One of the things I have decided to do this year is to have mini review units in between each of my larger units. So this year, I did a Rational Numbers unit, then an Expressions and Equations unit. Now I am going to spend the next week reviewing rational numbers before going on a to a new unit. After that unit, a rational numbers review week again, then an expressions and equations review week. I am hoping that these mini units will keep students on top of the material we learned before and help them to realize that just because a unit is over doesn’t mean that they aren’t responsible for the material again. On Friday, we did The Great Integer Race. Each student got an addition or subtraction problem and they had to silently walk around the room and find the person with a problem that would result in the same answer. But then, I added a next step. We have been working on putting in Claims, Evidence, and Reasoning piece into our plans this year. Once students found their matches, they had to write how they knew that their match was correct. They switched their problems on the way back to their seats, then did the whole thing 4 more times. It was pretty basic, but helped to review some skills they had learned in the past.

# Category Archives: Lessons

# Socratic Circle- Fundraisers

One of the high points of my year last year was when I did a Socratic Circle in my class. We used a lesson from Robert Kaplinsky’s website– by the way, I am so happy to see that recently everyone seems to have found the awesomeness that he has on there, cause it is great! We just completed another Circle this week, although we didn’t use one of his lessons, I’m planning on using a bunch of them during my next unit.

This time, we use a problem on fund raising from Math Gains. I liked this problem to do early in the year because the math was pretty basic and there was no clear right or wrong answer. Students were able to bring in many other considerations in addition to the math behind the fund raising to support their reasoning.

Yet again, this proved to be an amazing activity because it got the kids talking about math. So many kids surprised me. Students who have barely spoken in class were suddenly in the inner circle debating. After day 1, I had a student who will barely lift a pencil in class yell “no!” when I said class was over and run up to me excitedly to tell me how great this activity was because it was a real world problem.

I’m trying Box instead of Scribd because apparently Scribd needs a password now. If you need anything I have previously uploaded to Scribd, please ask. I am happy to email you the documents. Excuse the formatting if it is off, I used a fun font 🙂

# Keeping my mouth shut…

I posted last week about my success with my very first Socratic Circle. It was so successful that I couldn’t just take one day for the discussion, we had to use the next day as well. The lesson I used was from Robert Kaplinsky’s site which has some great real world problems that are engaging and thought provoking. The problem we used was deciding between a 20% off coupon or a $5 off $15 or more purchase at Bed, Bath, and Beyond. Wednesday I had the kids do Robert’s activity and prepare for the circle using the inner circle page. Thursday we went over all of the answers to the problems and then started to discuss the big question- Which coupon is best? By the end of the day on Thursday, I knew we were on to something good, we just weren’t quite there yet, so we continued on Friday.
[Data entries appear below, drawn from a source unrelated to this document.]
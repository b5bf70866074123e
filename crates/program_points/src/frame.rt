// What stands around a node.
use crate::point::Point;

/// Where `continue` goes on in a loop: nowhere, at a point, or at one of two.
#[derive(Clone, Copy)]
pub enum Again {
    Nowhere,
    To(Point),
    Either(Point, Point),
}

/// What a jump may lead to: a loop or switch, with where `break` goes on and where `continue` does; or the last part of
/// a `try`, by its number, through which each jump goes.
#[derive(Clone, Copy)]
pub enum Frame {
    Loop(Point, Again),
    Finally(u32),
}

/// A later part of a `try`: the number of the statement, and that of the part.
#[derive(Clone, Copy)]
pub struct Handler {
    pub of: u32,
    pub start: u32,
}
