// Edges of statements one after another.
ghost use Rattle.program_points.specs.Following.{EdgesFollow};

/// The edges inside statements that follow one another are those inside each, in turn.
pub fn edges_follow()
    ensures { EdgesFollow }
{}
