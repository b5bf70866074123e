// Edges of conditions with their statements.
ghost use Rattle.std.specs.Prelude.{◌≡◌, ◌++◌, OnOk};
ghost use Rattle.program_points.specs.Chosen.{pieces_of};
ghost use Rattle.program_points.specs.Rows as rows;

use crate::chains::{add, chain, next_of};
use crate::file_edge::FileEdge;
use crate::piece::{Piece, Which};
use crate::point::Point;
use crate::words::{behind, has_word, up_to};
use std::alloc::AllocError;

// A condition and what stands behind it, up to the next `elseif` or `else`.
fn first_branch<'a, 'b>(pieces: &'b [Piece<'a>]) -> &'b [Piece<'a>]
    ensures { pieces_of result.now ≡ rows.first_branch (pieces_of pieces.now) }
{
    up_to(b"else", up_to(b"elseif", pieces))
}

/// Conditions in turn, each with its statements.
#[tactic(auto, using(crate::proofs::BranchLemmas::branches_done))]
pub(crate) fn branches(
    edges: &mut Vec<FileEdge>,
    node: u32,
    pieces: &[Piece],
) -> Result<(), AllocError>
    ensures { OnOk result (edges.new.items ≡ edges.old.items
        ++ rows.branches (rows.size (pieces_of pieces.now)) node (Point.Before node) (pieces_of pieces.now)) }
{
    let mut from = Point::Before(node);
    let mut left = pieces;
    'branches: loop {
        let front = first_branch(left);
        let condition = match next_of(Which::Exprs, front) {
            None => return Ok(()),
            Some((condition, _)) => condition,
        };
        add(edges, node, from, Point::Before(condition))?;
        from = Point::After(condition);
        chain(edges, node, from, Which::Stmts, front, Point::After(node))?;
        if !has_word(b"elseif", left) {
            let last = behind(b"else", left);
            chain(edges, node, from, Which::Stmts, last, Point::After(node))?;
            return Ok(());
        }
        left = behind(b"elseif", left);
    }
}
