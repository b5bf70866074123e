// Cases of a `switch`.
use crate::point::Point;

/// A case: its value, none for a default, and the first of its statements.
#[derive(Clone, Copy)]
pub struct Case {
    pub value: Option<u32>,
    pub first: Option<u32>,
}

/// A case by its value, and where evaluation goes on from its front.
#[derive(Clone, Copy)]
pub struct Entry {
    pub value: Option<u32>,
    pub start: Point,
}
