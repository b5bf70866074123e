// How evaluation runs through a node of a kind.
ghost use Rattle.std.specs.Prelude.{◌≡◌};
ghost use Rattle.program_points.specs.Flows as spec;

use php_tree::NodeKind;

/// How evaluation runs through a node: which row of the table of edges it has.
#[derive(Clone, Copy)]
pub enum Flow {
    InOrder,
    Ends,
    Nowhere,
    Alone,
    Branches,
    While,
    DoWhile,
    For,
    Foreach,
    Switch,
    Try,
    Break,
    Continue,
    Statics,
    Function,
    Arrow,
    Method,
    Ternary,
    Second,
    Isset,
    Operator,
}

pub(crate) fn flow_of(kind: NodeKind) -> Flow
    ensures { result ≡ spec.flow_of kind }
{
    match kind {
        NodeKind::If | NodeKind::IfAlt => Flow::Branches,
        NodeKind::While => Flow::While,
        NodeKind::DoWhile => Flow::DoWhile,
        NodeKind::For => Flow::For,
        NodeKind::Foreach => Flow::Foreach,
        NodeKind::Switch => Flow::Switch,
        NodeKind::Try => Flow::Try,
        NodeKind::Break => Flow::Break,
        NodeKind::Continue => Flow::Continue,
        NodeKind::Return | NodeKind::Throw | NodeKind::Exit => Flow::Ends,
        NodeKind::Statics => Flow::Statics,
        NodeKind::Function | NodeKind::Closure => Flow::Function,
        NodeKind::Arrow => Flow::Arrow,
        NodeKind::Method => Flow::Method,
        NodeKind::Class | NodeKind::Interface | NodeKind::Trait => Flow::Alone,
        NodeKind::Ternary => Flow::Ternary,
        NodeKind::ShortTernary => Flow::Second,
        NodeKind::Isset => Flow::Isset,
        NodeKind::Binary | NodeKind::CompoundAssign => Flow::Operator,
        NodeKind::Goto
        | NodeKind::Case
        | NodeKind::Param
        | NodeKind::TypeName
        | NodeKind::Property
        | NodeKind::ClassConst
        | NodeKind::TraitUse
        | NodeKind::Item
        | NodeKind::List
        | NodeKind::Args => Flow::Nowhere,
        NodeKind::Block
        | NodeKind::Empty
        | NodeKind::ExprStmt
        | NodeKind::Echo
        | NodeKind::Html
        | NodeKind::Global
        | NodeKind::Unset
        | NodeKind::Const
        | NodeKind::Namespace
        | NodeKind::Use
        | NodeKind::Declare
        | NodeKind::LabelStmt
        | NodeKind::Variable
        | NodeKind::Number
        | NodeKind::Float
        | NodeKind::Text
        | NodeKind::Quoted
        | NodeKind::Constant
        | NodeKind::ClassConstant
        | NodeKind::Array
        | NodeKind::Paren
        | NodeKind::Offset
        | NodeKind::BraceOffset
        | NodeKind::Prop
        | NodeKind::StaticProp
        | NodeKind::Call
        | NodeKind::MethodCall
        | NodeKind::StaticCall
        | NodeKind::New
        | NodeKind::EmptyTest
        | NodeKind::Include
        | NodeKind::EvalTest
        | NodeKind::Prefix
        | NodeKind::Postfix
        | NodeKind::Cast
        | NodeKind::Assign
        | NodeKind::AssignRef
        | NodeKind::InstanceOf
        | NodeKind::Print
        | NodeKind::Yield => Flow::InOrder,
    }
}
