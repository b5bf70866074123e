// Over how many loops a jump goes.
ghost use Rattle.std.specs.Prelude.{◌≡◌, ◌≤◌, ◌+◌, ◌*◌, ◌==◌, if◌then◌else◌};
ghost use Rattle.php_rows.specs.Reading.{forest_in};
ghost use Rattle.program_points.specs.Levels as spec;

use php_rows::{Parts, Step};
use php_terminals::marked::text_of;

// The value of a digit.
fn digit(byte: u8) -> u8
    ensures { result ≡ spec.digit byte }
{
    if byte <= 57 {
        return byte.saturating_sub(48);
    }
    if byte <= 70 {
        return byte.saturating_sub(55);
    }
    byte.saturating_sub(87)
}

// No more than 2^32 - 1 is counted.
fn capped(value: u64) -> u32
    ensures { result ≡ spec.capped value }
{
    if value <= 4294967295 {
        return value as u32;
    }
    4294967295
}

// A number to a base with a further digit.
fn with_digit(base: u32, value: u32, byte: u8) -> u32
    requires { base ≤ 16 }
    ensures { result ≡ (if byte == 95 then value else spec.capped (base * value + spec.digit byte)) }
{
    if byte == b'_' {
        return value;
    }
    capped(base as u64 * value as u64 + digit(byte) as u64)
}

// The value of digits to a base.
fn digits(base: u32, text: &[u8]) -> u32
    requires { base ≤ 16 }
    ensures { result ≡ spec.digits_from base 0 text.now }
{
    let mut value = 0;
    let mut left = text;
    while let [byte, behind @ ..] = left {
        value = with_digit(base, value, *byte);
        left = behind;
    }
    value
}

// The value of an int literal.
fn int_value(text: &[u8]) -> u32
    ensures { result ≡ spec.int_value text.now }
{
    match text {
        [] => 0,
        [byte] => digit(*byte) as u32,
        [first, behind @ ..] => {
            if *first != b'0' {
                return digits(10, text);
            }
            behind_zero(behind)
        }
    }
}

// The value of what stands behind a leading zero.
fn behind_zero(text: &[u8]) -> u32
    ensures { result ≡ spec.behind_zero text.now }
{
    match text {
        [] => 0,
        [sign, behind @ ..] => {
            if *sign == b'x' || *sign == b'X' {
                return digits(16, behind);
            }
            if *sign == b'b' || *sign == b'B' {
                return digits(2, behind);
            }
            digits(8, text)
        }
    }
}

fn begins_with_digit(text: &[u8]) -> bool
    ensures { result ≡ spec.begins_with_digit text.now }
{
    match text {
        [] => false,
        [byte, ..] => 48 <= *byte && *byte <= 57,
    }
}

// The level that a word says.
fn level_in(text: &[u8]) -> u32
    ensures { result ≡ spec.level_in text.now }
{
    if begins_with_digit(text) {
        int_value(text)
    } else {
        1
    }
}

/// Over how many loops a `break` or `continue` goes, by its parts: 1 where it says nothing.
pub(crate) fn level_of(parts: Parts) -> u32
    ensures { result ≡ spec.level (forest_in parts.entry) }
{
    let bytes = parts.bytes();
    let mut left = parts;
    match left.next() {
        None => 1,
        Some(Step::Child(_, _, _)) => 1,
        Some(Step::Leaf(_)) => match left.next() {
            None => 1,
            Some(Step::Child(_, _, _)) => 1,
            Some(Step::Leaf(mark)) => level_in(text_of(bytes, mark)),
        },
    }
}
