// Edges of expressions.
ghost use Rattle.std.specs.Prelude.{◌≡◌, ◌++◌, IfOk, OnOk, option_to_list};
ghost use Rattle.program_points.specs.Chosen.{chosen, pair_of, pick as pick_of, pieces_of, three_of};
ghost use Rattle.program_points.specs.Rows as rows;

use crate::chains::{add, in_order, next_of, pick};
use crate::file_edge::FileEdge;
use crate::piece::{Piece, Which};
use crate::point::Point;
use crate::words::has_word;
use std::alloc::AllocError;

// The only two.
fn pair(which: Which, pieces: &[Piece]) -> Option<(u32, u32)>
    ensures { result ≡ pair_of (chosen which (pieces_of pieces.now)) }
{
    match next_of(which, pieces) {
        None => None,
        Some((first, behind)) => match next_of(which, behind) {
            None => None,
            Some((second, rest)) => match next_of(which, rest) {
                None => Some((first, second)),
                Some(_) => None,
            },
        },
    }
}

// The only three.
fn three(which: Which, pieces: &[Piece]) -> Option<(u32, u32, u32)>
    ensures { result ≡ three_of (chosen which (pieces_of pieces.now)) }
{
    match next_of(which, pieces) {
        None => None,
        Some((first, behind)) => match next_of(which, behind) {
            None => None,
            Some((second, rest)) => match next_of(which, rest) {
                None => None,
                Some((third, last)) => match next_of(which, last) {
                    None => Some((first, second, third)),
                    Some(_) => None,
                },
            },
        },
    }
}

/// The second only if the first asks for it.
#[tactic(auto, using(crate::proofs::ExpressionLemmas::second_of_pair, crate::proofs::ExpressionLemmas::second_of_none))]
pub(crate) fn maybe_second(
    edges: &mut Vec<FileEdge>,
    node: u32,
    which: Which,
    pieces: &[Piece],
) -> Result<(), AllocError>
    ensures { OnOk result (edges.new.items ≡ edges.old.items
        ++ rows.maybe_second node (chosen which (pieces_of pieces.now))) }
{
    match pair(which, pieces) {
        None => in_order(edges, node, which, pieces)?,
        Some((first, second)) => {
            add(edges, node, Point::Before(node), Point::Before(first))?;
            add(edges, node, Point::After(first), Point::Before(second))?;
            add(edges, node, Point::After(first), Point::After(node))?;
            add(edges, node, Point::After(second), Point::After(node))?;
        }
    }
    Ok(())
}

/// The second or the third, by the first.
#[tactic(auto, using(crate::proofs::ExpressionLemmas::one_of_three, crate::proofs::ExpressionLemmas::one_of_none))]
pub(crate) fn one_of_two(
    edges: &mut Vec<FileEdge>,
    node: u32,
    which: Which,
    pieces: &[Piece],
) -> Result<(), AllocError>
    ensures { OnOk result (edges.new.items ≡ edges.old.items
        ++ rows.one_of_two node (chosen which (pieces_of pieces.now))) }
{
    match three(which, pieces) {
        None => in_order(edges, node, which, pieces)?,
        Some((test, first, second)) => {
            add(edges, node, Point::Before(node), Point::Before(test))?;
            add(edges, node, Point::After(test), Point::Before(first))?;
            add(edges, node, Point::After(first), Point::After(node))?;
            add(edges, node, Point::After(test), Point::Before(second))?;
            add(edges, node, Point::After(second), Point::After(node))?;
        }
    }
    Ok(())
}

// To a piece, where it is meant, and from behind it to the end.
fn test(
    edges: &mut Vec<FileEdge>,
    node: u32,
    from: Point,
    which: Which,
    piece: Piece,
) -> Result<Point, AllocError>
    ensures edges { OnOk result (edges.new.items ≡ edges.old.items
        ++ rows.until_missing node from (option_to_list (pick_of which piece.entry))) }
    ensures last { IfOk result (λ p. p ≡ rows.last_or (option_to_list (pick_of which piece.entry)) from) }
{
    match pick(which, piece) {
        None => Ok(from),
        Some(next) => {
            add(edges, node, from, Point::Before(next))?;
            add(edges, node, Point::After(next), Point::After(node))?;
            Ok(Point::After(next))
        }
    }
}

/// Up to the first that isn't there.
#[tactic(auto, using(crate::proofs::ChainLemmas::until_piece))]
pub(crate) fn until_missing(
    edges: &mut Vec<FileEdge>,
    node: u32,
    which: Which,
    pieces: &[Piece],
) -> Result<(), AllocError>
    ensures { OnOk result (edges.new.items ≡ edges.old.items
        ++ rows.until_missing node (Point.Before node) (chosen which (pieces_of pieces.now))) }
{
    let mut at = Point::Before(node);
    let mut left = pieces;
    while let [piece, behind @ ..] = left {
        at = test(edges, node, at, which, *piece)?;
        left = behind;
    }
    Ok(())
}

// Whether the operator may leave out its right side.
fn is_short(pieces: &[Piece]) -> bool
    ensures { result ≡ rows.is_short (pieces_of pieces.now) }
{
    has_word(b"&&", pieces)
        || has_word(b"||", pieces)
        || has_word(b"and", pieces)
        || has_word(b"or", pieces)
        || has_word(b"??", pieces)
        || has_word(b"??=", pieces)
}

/// An operator with its two sides.
pub(crate) fn by_operator(
    edges: &mut Vec<FileEdge>,
    node: u32,
    pieces: &[Piece],
) -> Result<(), AllocError>
    ensures { OnOk result (edges.new.items ≡ edges.old.items ++ rows.by_operator node (pieces_of pieces.now)) }
{
    if is_short(pieces) {
        maybe_second(edges, node, Which::Steps, pieces)?;
        return Ok(());
    }
    in_order(edges, node, Which::Steps, pieces)?;
    Ok(())
}
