// Edges of `try`.
ghost use Rattle.std.specs.Prelude.{◌≡◌, ◌++◌, IfOk, OnOk, option_to_list, reverse};
ghost use Rattle.php_tree.specs.Tree.{alone};
ghost use Rattle.php_rows.specs.Reading.{forest_in};
ghost use Rattle.program_points.specs.Chosen.{pick as pick_of, pieces_of};
ghost use Rattle.program_points.specs.Edges as spec;
ghost use Rattle.program_points.specs.Pieces.{stmts};
ghost use Rattle.program_points.specs.Rows as rows;

use crate::chains::{add, first_of, first_or, pick, run};
use crate::file_edge::FileEdge;
use crate::frame::Frame;
use crate::jumps::jump;
use crate::kinds::{is_body, is_loop, jump_of};
use crate::levels::level_of;
use crate::piece::{Piece, Which};
use crate::point::Point;
use crate::words::{behind, is_word, up_to};
use php_rows::{Parts, Step};
use php_terminals::marked::text_of;
use php_tree::NodeKind;
use std::alloc::AllocError;

/// The body of a `try`, among its pieces.
pub(crate) fn body_of<'a, 'b>(pieces: &'b [Piece<'a>]) -> &'b [Piece<'a>]
    ensures { stmts (pieces_of result.now) ≡ rows.try_body (pieces_of pieces.now) }
{
    up_to(b"finally", up_to(b"catch", pieces))
}

/// Its `catch` parts.
pub(crate) fn catches_of<'a, 'b>(pieces: &'b [Piece<'a>]) -> &'b [Piece<'a>]
    ensures { stmts (pieces_of result.now) ≡ rows.catches (pieces_of pieces.now) }
{
    up_to(b"finally", behind(b"catch", pieces))
}

/// Its last part.
pub(crate) fn last_of<'a, 'b>(pieces: &'b [Piece<'a>]) -> &'b [Piece<'a>]
    ensures { stmts (pieces_of result.now) ≡ rows.finally_of (pieces_of pieces.now) }
{
    behind(b"finally", pieces)
}

// From behind a part to a point.
fn end(edges: &mut Vec<FileEdge>, node: u32, piece: Piece, to: Point) -> Result<(), AllocError>
    ensures { OnOk result (edges.new.items ≡ edges.old.items
        ++ rows.ends node (option_to_list (pick_of Which.Stmts piece.entry)) to) }
{
    match pick(Which::Stmts, piece) {
        None => Ok(()),
        Some(part) => {
            add(edges, node, Point::After(part), to)?;
            Ok(())
        }
    }
}

// From behind each part to a point.
#[tactic(auto, using(crate::proofs::TryLemmas::ends_piece))]
fn ends(edges: &mut Vec<FileEdge>, node: u32, pieces: &[Piece], to: Point) -> Result<(), AllocError>
    ensures { OnOk result (edges.new.items ≡ edges.old.items ++ rows.ends node (stmts (pieces_of pieces.now)) to) }
{
    let mut left = pieces;
    while let [piece, behind @ ..] = left {
        end(edges, node, *piece, to)?;
        left = behind;
    }
    Ok(())
}

/// Where jumps out of the parts of a `try` start, and what is around it.
#[derive(Clone, Copy)]
struct Exit<'a> {
    node: u32,
    from: Point,
    frames: &'a [Frame],
}

// A jump that goes over more loops than are around it in the `try`.
fn beyond(
    edges: &mut Vec<FileEdge>,
    exit: Exit,
    is_break: bool,
    depth: u32,
    level: u32,
) -> Result<(), AllocError>
    ensures { OnOk result (edges.new.items ≡ edges.old.items
        ++ rows.to_each exit.entry.node exit.entry.from (spec.targets (reverse exit.entry.frames.now)
        (spec.beyond is_break depth level))) }
{
    if level <= depth {
        return Ok(());
    }
    jump(
        edges,
        exit.node,
        exit.from,
        is_break,
        level - depth,
        exit.frames,
    )?;
    Ok(())
}

// What a node itself leads out by.
fn leave_by(
    edges: &mut Vec<FileEdge>,
    exit: Exit,
    depth: u32,
    kind: NodeKind,
    parts: Parts,
) -> Result<(), AllocError>
    ensures { OnOk result (edges.new.items ≡ edges.old.items
        ++ rows.to_each exit.entry.node exit.entry.from (spec.targets (reverse exit.entry.frames.now)
        (spec.leaves_by kind depth (forest_in parts.entry)))) }
{
    match jump_of(kind) {
        None => Ok(()),
        Some(is_break) => {
            beyond(edges, exit, is_break, depth, level_of(parts))?;
            Ok(())
        }
    }
}

// Over how many loops what stands in a node has to go besides those around it.
fn within(kind: NodeKind, depth: u32) -> Result<u32, AllocError>
    ensures { IfOk result (λ d. d ≡ spec.loops_within kind depth) }
{
    if !is_loop(kind) {
        return Ok(depth);
    }
    depth.checked_add(1).ok_or(AllocError)
}

// The jumps out of the parts of a node.
#[tactic(auto, using(crate::proofs::TryLemmas::out_step))]
#[cycle(leave)]
fn leave_parts(
    edges: &mut Vec<FileEdge>,
    exit: Exit,
    depth: u32,
    parts: Parts,
) -> Result<(), AllocError>
    ensures { OnOk result (edges.new.items ≡ edges.old.items
        ++ rows.to_each exit.entry.node exit.entry.from (spec.targets (reverse exit.entry.frames.now)
        (spec.leaving depth (forest_in parts.entry)))) }
{
    let mut left = parts;
    'parts: loop {
        match left.next() {
            None => return Ok(()),
            Some(Step::Leaf(_)) => {}
            Some(Step::Child(kind, _, inner)) => leave_node(edges, exit, depth, kind, inner)?,
        }
    }
}

// The jumps out of a node.
#[tactic(auto, using(crate::proofs::TryLemmas::out_node, crate::proofs::TryLemmas::out_body))]
#[cycle(leave)]
fn leave_node(
    edges: &mut Vec<FileEdge>,
    exit: Exit,
    depth: u32,
    kind: NodeKind,
    parts: Parts,
) -> Result<(), AllocError>
    ensures { OnOk result (edges.new.items ≡ edges.old.items
        ++ rows.to_each exit.entry.node exit.entry.from (spec.targets (reverse exit.entry.frames.now)
        (spec.leaving depth (alone (kind, forest_in parts.entry))))) }
{
    if is_body(kind) {
        return Ok(());
    }
    leave_by(edges, exit, depth, kind, parts)?;
    let within = within(kind, depth)?;
    leave_parts(edges, exit, within, parts)?;
    Ok(())
}

// The jumps out of the parts of a `try` before its last one.
fn leave_try(edges: &mut Vec<FileEdge>, exit: Exit, parts: Parts) -> Result<(), AllocError>
    ensures { OnOk result (edges.new.items ≡ edges.old.items ++ rows.to_each exit.entry.node exit.entry.from
        (spec.targets (reverse exit.entry.frames.now) (spec.leaving 0 (spec.before_finally (forest_in parts.entry))))) }
{
    let bytes = parts.bytes();
    let mut left = parts;
    'parts: loop {
        match left.next() {
            None => return Ok(()),
            Some(Step::Leaf(mark)) => {
                if is_word(b"finally", text_of(bytes, mark)) {
                    return Ok(());
                }
            }
            Some(Step::Child(kind, _, inner)) => leave_node(edges, exit, 0, kind, inner)?,
        }
    }
}

// From the last part, where there is one, to where jumps out of the others go on.
fn leave(
    edges: &mut Vec<FileEdge>,
    node: u32,
    last: &[Piece],
    parts: Parts,
    frames: &[Frame],
) -> Result<(), AllocError>
    ensures { OnOk result (edges.new.items ≡ edges.old.items ++ rows.leave node (stmts (pieces_of last.now))
        (spec.targets (reverse frames.now) (spec.leaving 0 (spec.before_finally (forest_in parts.entry))))) }
{
    match first_of(Which::Stmts, last) {
        None => Ok(()),
        Some(part) => {
            let exit = Exit {
                node,
                from: Point::After(part),
                frames,
            };
            leave_try(edges, exit, parts)?;
            Ok(())
        }
    }
}

/// The parts of a `try` in order, by its pieces and its parts, among what is around it.
pub(crate) fn try_of(
    edges: &mut Vec<FileEdge>,
    node: u32,
    pieces: &[Piece],
    parts: Parts,
    frames: &[Frame],
) -> Result<(), AllocError>
    ensures { OnOk result (edges.new.items ≡ edges.old.items ++ rows.try_of node (pieces_of pieces.now)
        (spec.targets (reverse frames.now) (spec.leaving 0 (spec.before_finally (forest_in parts.entry))))) }
{
    let body = body_of(pieces);
    let catches = catches_of(pieces);
    let last = last_of(pieces);
    let to = first_or(Which::Stmts, last, Point::After(node));
    run(edges, node, Point::Before(node), Which::Stmts, body)?;
    ends(edges, node, body, to)?;
    ends(edges, node, catches, to)?;
    ends(edges, node, last, Point::After(node))?;
    leave(edges, node, last, parts, frames)?;
    Ok(())
}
The hardest part for me during this whole process was deciding how much I was supposed to/should say to get them started. And this definitely depended on the class. By Friday, my 3rd hour was almost to the end of their discussion. About 15 minutes into class, they had clearly all reached the same (correct) conclusion and I presented them with a challenge problem to discuss. My 5th hour needed some more direction. There were a few students who presented some ideas and I used those ideas to ask a few guiding questions to get the students on track. By the end of class, I felt good about how we left things, but would love to see them asking the questions in the future.

Enter my 6th hour.

I did my intro, this is where we left off, this is the big question… and asked who wanted to start. Five students joined the inner circle and I told them to go. So they had a general discussion that ended in the conclusion that the 20% off coupon was best for high prices and the $5 off coupon was best for low prices. Now the questions I want to ask are “What are high and low prices?” and “What about the $5 not being used under $15?” But as I am getting to the point where the group is stalling and I am feeling like I need to get them on track, a 6th student from the outside circle stood up and walked to the center. She sat down and said, “I am wondering what you mean by high and low? Like can you be more specific?” So I’m thinking, ok, great, that’s what we need! So they discuss a little more, start to narrow down the ranges for when the coupons are best, and I switch out the center circle. New 5 students. Same situation. They pick up from where the other group left off. Again, they got to a point where I am just about to open my mouth… and a 6th student joins the group and asks exactly the right leading question. Again, and again, and again. Until it is now 45 minutes later and I have just watched in delight as they got closed in on exactly where they needed to be! It was a thing of beauty. Had I talked, I would have ruined it all!

# Socratic Circle

Today was just one of those days… that makes every single hard moment so so so worth it.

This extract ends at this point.